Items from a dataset
= Beginning of Section =

// Whether what the words give of one item fits it, and the state after it: one function for each shape, given its guard
// and the number of its first word. A refusal stays; from it on nothing else counts. Nothing is written.
#![tactic(auto)]

ghost use Rattle.std.specs.Prelude.{◌≡◌, cond, ◌&&◌, [], ◌∷◌, ◌+◌, ◌-◌, ◌*◌, ◌≤◌, ◌<◌, length, leb, eqb};
ghost use Rattle.meaning.specs.declared.Shape.TheVariants.{Number, Ignored, Count, Size, Times, Earlier, Registers, Filled, Abi, Limit, Listed, Bytes, Pad, Name};
ghost use Rattle.meaning.specs.Items.{bytes};
ghost use Rattle.meaning.specs.Schema.{item, group_bytes};
ghost use Rattle.writer_items.specs.Tries.{most_bytes};
ghost use Rattle.write_fits.specs.Steps.{refused, Tried};
ghost use Rattle.write_fits.specs.Items.{stay, list_ok};

use meaning::Width;

// A count above this no record has room for: an element has at least one byte.
const MOST_COUNT: u64 = writer_items::MOST_BYTES as u64;

// The place in the record; the last count and the one before it; the same two as the words tell them, which the abi
// words do not change; and whether something did not fit.
// kept: `bad` is a flag (a: `Tried` and the theorems over it speak of it, and from a refusal on no step asks again).
// kept: words and source stand side by side in each function (c: a struct of both by value was tried; what is known of
// the numbers of a lent slice is not known of a slice in a struct, and no step's proof closed).
#[derive(Clone, Copy, Debug, PartialEq, Eq)]
pub struct Walked {
    pub at: usize,
    pub n: u64,
    pub old: u64,
    pub told: u64,
    pub before: u64,
    pub bad: bool,
}

// Refused: the place stays one that a record has.
fn refuse(c: Walked) -> Walked
    ensures { result ≡ refused c }
{
    Walked { bad: true, ..c }
}

// The state after an item that fits, unless that lies past every record's end: "a size above 65,528" is 42.
fn past(c: Walked, fits: bool, next: Walked) -> Walked
    ensures { result ≡ cond (fits && leb next.at most_bytes) next (refused c) }
{
    if fits & (next.at <= writer_items::MOST_BYTES) {
        next
    } else {
        refuse(c)
    }
}

// Past so many bytes, where the counts stay.
fn over(c: Walked, fits: bool, k: usize) -> Walked
    requires { (c.at ≤ most_bytes) × (k ≤ 1099511627776) }
    ensures { result ≡ cond (fits && leb (c.at + k) most_bytes) (stay k c) (refused c) }
{
    past(c, fits, Walked { at: c.at + k, ..c })
}

// An item that is not selected: nothing is told of it.
fn none(c: Walked, v: u64) -> Walked
    ensures { result ≡ cond (eqb v 0) c (refused c) }
{
    if v == 0 { c } else { refuse(c) }
}

// ---- numbers

pub fn number(ws: &[u64], source: &[u8], c: Walked, on: bool, w: usize, width: Width) -> Walked
    requires { (c.at ≤ most_bytes) × (w + 2 ≤ length ws.now) }
    ensures { Tried (item on (Number width) ∷ []) source.now ws.now w c result }
{
    let v = ws[w];
    if !on {
        return none(c, v);
    }
    over(c, v <= width.largest(), width.bytes())
}

// A count leaves the one before it remembered too: TEXT_POKE has two before its two texts.
pub fn count(ws: &[u64], source: &[u8], c: Walked, on: bool, w: usize, width: Width) -> Walked
    requires { (c.at ≤ most_bytes) × (w + 2 ≤ length ws.now) }
    ensures { Tried (item on (Count width) ∷ []) source.now ws.now w c result }
{
    let v = ws[w];
    if !on {
        return none(c, v);
    }
    let next = Walked {
        at: c.at + width.bytes(),
        n: v,
        old: c.n,
        told: v,
        before: c.told,
        ..c
    };
    past(c, v <= width.largest(), next)
}

// "Raw size plus 4 is a multiple of 8; stack and aux sizes are multiples of 8."
pub fn size(ws: &[u64], source: &[u8], c: Walked, on: bool, w: usize, width: Width) -> Walked
    requires { (c.at ≤ most_bytes) × (w + 2 ≤ length ws.now) }
    ensures { Tried (item on (Size width) ∷ []) source.now ws.now w c result }
{
    let v = ws[w];
    if !on {
        return none(c, v);
    }
    let k = width.bytes();
    let over = (v % 8 + k as u64) % 8;
    let fits = (v <= width.largest()) & (over == 0);
    let next = Walked {
        at: c.at + k,
        n: v,
        told: v,
        ..c
    };
    past(c, fits, next)
}

// "Build id size at most 20."
pub fn limit(ws: &[u64], source: &[u8], c: Walked, on: bool, w: usize) -> Walked
    requires { (c.at ≤ most_bytes) × (w + 2 ≤ length ws.now) }
    ensures { Tried (item on (Limit 20) ∷ []) source.now ws.now w c result }
{
    let v = ws[w];
    if !on {
        return none(c, v);
    }
    let next = Walked {
        at: c.at + 1,
        n: v,
        told: v,
        ..c
    };
    past(c, v <= 20, next)
}

pub fn abi(ws: &[u64], source: &[u8], c: Walked, on: bool, w: usize, mask: u64) -> Walked
    requires { (c.at ≤ most_bytes) × (w + 2 ≤ length ws.now) }
    ensures { Tried (item on (Abi mask) ∷ []) source.now ws.now w c result }
{
    let v = ws[w];
    if !on {
        return none(c, v);
    }
    let next = Walked {
        at: c.at + 8,
        n: fills::registers_by(v, mask),
        ..c
    };
    past(c, v <= Width::W8.largest(), next)
}

// "Filled length at most stack size"; a stack of size 0 has none.
pub fn filled(ws: &[u64], source: &[u8], c: Walked, on: bool, w: usize) -> Walked
    requires { (c.at ≤ most_bytes) × (w + 2 ≤ length ws.now) }
    ensures { Tried (item on Filled ∷ []) source.now ws.now w c result }
{
    let v = ws[w];
    if !on {
        return none(c, v);
    }
    if c.n == 0 {
        return over(c, v <= c.n, 0);
    }
    over(c, v <= c.n, 8)
}

// So many bytes that say nothing: no word.
pub fn ignored(ws: &[u64], source: &[u8], c: Walked, on: bool, w: usize, k: usize) -> Walked
    requires { (c.at ≤ most_bytes) × (k ≤ 8) }
    ensures { Tried (item on (Ignored k) ∷ []) source.now ws.now w c result }
{
    if !on {
        return c;
    }
    over(c, true, k)
}

// Up to the next multiple of 8: no word.
pub fn pad(ws: &[u64], source: &[u8], c: Walked, on: bool, w: usize) -> Walked
    requires { c.at ≤ most_bytes }
    ensures { Tried (item on Pad ∷ []) source.now ws.now w c result }
{
    if !on {
        return c;
    }
    over(c, true, (8 - c.at % 8) % 8)
}

// ---- lists

// Inside the source, as many elements as are wanted, then so many zero bytes. "41 .. by place plus bytes unwrapped":
// the place is subtracted, so that nothing wraps; and a count that no record has room for is not multiplied.
fn list(
    c: Walked,
    room: usize,
    place: u64,
    count: u64,
    want: u64,
    unit: usize,
    pad: usize,
) -> Walked
    requires { (c.at ≤ most_bytes) × (1 ≤ unit) × (unit ≤ 4096) × (pad ≤ 4096) }
    ensures { result ≡ cond (list_ok room place count want unit pad c) (stay (count * unit + pad) c) (refused c) }
{
    let from = place as usize;
    if (MOST_COUNT < count) | (room < from) {
        return refuse(c);
    }
    let bytes = count as usize * unit;
    over(c, (bytes <= room - from) & (count == want), bytes + pad)
}

// As many elements of k bytes as the last count says.
pub fn times(ws: &[u64], source: &[u8], c: Walked, on: bool, w: usize, k: usize) -> Walked
    requires { (c.at ≤ most_bytes) × (w + 2 ≤ length ws.now) × (1 ≤ k) × (k ≤ 4096) }
    ensures { Tried (item on (Times k) ∷ []) source.now ws.now w c result }
{
    if !on {
        return c;
    }
    list(c, source.len(), ws[w], c.told, c.n, k, 0)
}

// The entries of a group, by the read format.
pub fn values(ws: &[u64], source: &[u8], c: Walked, on: bool, w: usize, f: u64) -> Walked
    requires { (c.at ≤ most_bytes) × (w + 2 ≤ length ws.now) }
    ensures { Tried (item on (Times (group_bytes f)) ∷ []) source.now ws.now w c result }
{
    times(ws, source, c, on, w, layouts::group_bytes(f))
}

// As many bytes as the count before the last one says.
pub fn earlier(ws: &[u64], source: &[u8], c: Walked, on: bool, w: usize) -> Walked
    requires { (c.at ≤ most_bytes) × (w + 2 ≤ length ws.now) }
    ensures { Tried (item on (Earlier 1) ∷ []) source.now ws.now w c result }
{
    if !on {
        return c;
    }
    list(c, source.len(), ws[w], c.before, c.old, 1, 0)
}

// Registers, their count in the next word.
pub fn registers(ws: &[u64], source: &[u8], c: Walked, on: bool, w: usize) -> Walked
    requires { (c.at ≤ most_bytes) × (w + 2 ≤ length ws.now) }
    ensures { Tried (item on Registers ∷ []) source.now ws.now w c result }
{
    let count = ws[w + 1];
    if !on {
        return none(c, count);
    }
    list(c, source.len(), ws[w], count, c.n, 8, 0)
}

// The bytes of a build id, as many as its size word says, and zero bytes up to twenty.
pub fn listed(ws: &[u64], source: &[u8], c: Walked, on: bool, w: usize) -> Walked
    requires { (c.at ≤ most_bytes) × (w + 2 ≤ length ws.now) }
    ensures { Tried (item on (Listed 20) ∷ []) source.now ws.now w c result }
{
    if !on {
        return c;
    }
    let want = c.n.min(20);
    list(c, source.len(), ws[w], c.told, want, 1, 20 - want as usize)
}

// The tag of BPF_EVENT, its count in the next word.
pub fn bytes(ws: &[u64], source: &[u8], c: Walked, on: bool, w: usize) -> Walked
    requires { (c.at ≤ most_bytes) × (w + 2 ≤ length ws.now) }
    ensures { Tried (item on (Bytes 8) ∷ []) source.now ws.now w c result }
{
    let count = ws[w + 1];
    if !on {
        return none(c, count);
    }
    list(c, source.len(), ws[w], count, 8, 1, 0)
}

// ---- names

// A name has no zero in it; its zero, and zero bytes up to the next multiple of 8, follow it.
pub fn name(ws: &[u64], source: &[u8], c: Walked, on: bool, w: usize) -> Walked
    requires { (c.at ≤ most_bytes) × (w + 2 ≤ length ws.now) }
    ensures { Tried (item on Name ∷ []) source.now ws.now w c result }
{
    let count = ws[w + 1];
    if !on {
        return none(c, count);
    }
    let room = source.len();
    let from = ws[w] as usize;
    if (MOST_COUNT < count) | (room < from) {
        return refuse(c);
    }
    let many = count as usize;
    if room - from < many {
        return refuse(c);
    }
    let fits = writer_items::no_zero(&source[from..from + many]);
    over(c, fits, many + (8 - (c.at + many) % 8))
}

= End of Section =

# Prompt
Pull out every line of the entries that includes the word "mask".

# Result of the task
pub fn abi(ws: &[u64], source: &[u8], c: Walked, on: bool, w: usize, mask: u64) -> Walked
    ensures { Tried (item on (Abi mask) ∷ []) source.now ws.now w c result }
        n: fills::registers_by(v, mask),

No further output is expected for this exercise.